╭──

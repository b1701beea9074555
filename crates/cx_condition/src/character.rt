//! Character constants (C11 6.4.4.4).
ghost use Rattle.std.specs.Prelude.{◌≡◌};
ghost use Rattle.cx_condition.specs.Constants.{character_value, closed, content, escape, numeric_escape, simple_escape};

use crate::bytes::first;
use crate::digits::{Base, begins_with_digit, digits, is_digit};

// The quote that ends a character constant.
const QUOTE: &[u8] = b"'";

#[tactic(auto, unfolding(crate::specs::Constants::closed))]
fn closed(value: u8, text: &[u8]) -> Option<u8>
    ensures { result ≡ closed value text.now }
{
    if text == QUOTE {
        return Some(value);
    }
    None
}

#[tactic(auto, unfolding(crate::specs::Constants::simple_escape))]
fn simple_escape(byte: u8) -> Option<u8>
    ensures { result ≡ simple_escape byte }
{
    match byte {
        b'\'' | b'"' | b'?' | b'\\' => Some(byte),
        b'a' => Some(7),
        b'b' => Some(8),
        b'f' => Some(12),
        b'n' => Some(10),
        b'r' => Some(13),
        b't' => Some(9),
        b'v' => Some(11),
        _ => None,
    }
}

#[tactic(auto, using(crate::proofs::DigitLaws::escape_none, crate::proofs::DigitLaws::escape_great, crate::proofs::DigitLaws::escape_large, crate::proofs::DigitLaws::escape_some))]
fn numeric_escape(base: Base, text: &[u8]) -> Option<u8>
    ensures { result ≡ numeric_escape base text.now }
{
    if !begins_with_digit(base, text) {
        return None;
    }
    let (value, rest) = digits(base, text)?;
    if value > 255 {
        return None;
    }
    closed(value as u8, rest)
}

// What is behind a backslash.
#[tactic(auto, unfolding(crate::specs::Constants::escape))]
fn escape(text: &[u8]) -> Option<u8>
    ensures { result ≡ escape text.now }
{
    let (byte, rest) = first(text)?;
    if byte == b'x' {
        return numeric_escape(Base::Hexadecimal, rest);
    }
    if is_digit(Base::Octal, byte) {
        if rest.len() > 3 {
            return None;
        }
        return numeric_escape(Base::Octal, text);
    }
    let value = simple_escape(byte)?;
    closed(value, rest)
}

// What is behind the quote.
#[tactic(auto, unfolding(crate::specs::Constants::content))]
fn content(text: &[u8]) -> Option<u8>
    ensures { result ≡ content text.now }
{
    let (byte, rest) = first(text)?;
    if byte == b'\\' {
        return escape(rest);
    }
    if byte == b'\'' {
        return None;
    }
    closed(byte, rest)
}

/// The byte that a character constant is, or `None` where there is not one byte or escape
/// sequence between its quotes, or its escape sequence has a value above 255.
#[tactic(auto, unfolding(crate::specs::Constants::character_value))]
pub fn character_value(text: &[u8]) -> Option<u8>
    ensures { result ≡ character_value text.now }
{
    let (quote, rest) = first(text)?;
    if quote != b'\'' {
        return None;
    }
    content(rest)
}
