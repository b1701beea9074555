//! The operators of a condition.
ghost use Rattle.std.specs.Prelude.{◌≡◌};
ghost use Rattle.cx_condition.specs.Levels.{level_of};

/// An operator on one operand (C11 6.5.3.3).
#[derive(Clone, Copy, Debug, PartialEq, Eq)]
pub enum Unary {
    Plus,
    Minus,
    Complement,
    Not,
}

/// An operator on two operands (C11 6.5.5 to 6.5.14).
#[derive(Clone, Copy, Debug, PartialEq, Eq)]
pub enum Operator {
    Multiply,
    Divide,
    Remainder,
    Add,
    Subtract,
    ShiftLeft,
    ShiftRight,
    Less,
    Greater,
    AtMost,
    AtLeast,
    Equal,
    Different,
    And,
    ExclusiveOr,
    Or,
    LogicalAnd,
    LogicalOr,
}

impl Operator {
    /// How loosely it binds: from 1 for `*` up to 10 for `||`.
    #[tactic(auto, unfolding(crate::specs::Levels::level_of))]
    pub fn level(self) -> u8
        ensures { result ≡ level_of self }
    {
        match self {
            Operator::Multiply | Operator::Divide | Operator::Remainder => 1,
            Operator::Add | Operator::Subtract => 2,
            Operator::ShiftLeft | Operator::ShiftRight => 3,
            Operator::Less | Operator::Greater | Operator::AtMost | Operator::AtLeast => 4,
            Operator::Equal | Operator::Different => 5,
            Operator::And => 6,
            Operator::ExclusiveOr => 7,
            Operator::Or => 8,
            Operator::LogicalAnd => 9,
            Operator::LogicalOr => 10,
        }
    }
}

╰──

Set down each line exactly as it appears, starting at the top of the data and ending at the line containing "fn escape(text: &[u8]) -> Option<u8>", and include no other lines.

repository b1701beea9074555
filename crates/cx_condition/src/character.rt
//! Character constants (C11 6.4.4.4).
ghost use Rattle.std.specs.Prelude.{◌≡◌};
ghost use Rattle.cx_condition.specs.Constants.{character_value, closed, content, escape, numeric_escape, simple_escape};

use crate::bytes::first;
use crate::digits::{Base, begins_with_digit, digits, is_digit};

// The quote that ends a character constant.
const QUOTE: &[u8] = b"'";

#[tactic(auto, unfolding(crate::specs::Constants::closed))]
fn closed(value: u8, text: &[u8]) -> Option<u8>
    ensures { result ≡ closed value text.now }
{
    if text == QUOTE {
        return Some(value);
    }
    None
}

#[tactic(auto, unfolding(crate::specs::Constants::simple_escape))]
fn simple_escape(byte: u8) -> Option<u8>
    ensures { result ≡ simple_escape byte }
{
    match byte {
        b'\'' | b'"' | b'?' | b'\\' => Some(byte),
        b'a' => Some(7),
        b'b' => Some(8),
        b'f' => Some(12),
        b'n' => Some(10),
        b'r' => Some(13),
        b't' => Some(9),
        b'v' => Some(11),
        _ => None,
    }
}

#[tactic(auto, using(crate::proofs::DigitLaws::escape_none, crate::proofs::DigitLaws::escape_great, crate::proofs::DigitLaws::escape_large, crate::proofs::DigitLaws::escape_some))]
fn numeric_escape(base: Base, text: &[u8]) -> Option<u8>
    ensures { result ≡ numeric_escape base text.now }
{
    if !begins_with_digit(base, text) {
        return None;
    }
    let (value, rest) = digits(base, text)?;
    if value > 255 {
        return None;
    }
    closed(value as u8, rest)
}

// What is behind a backslash.
#[tactic(auto, unfolding(crate::specs::Constants::escape))]
fn escape(text: &[u8]) -> Option<u8>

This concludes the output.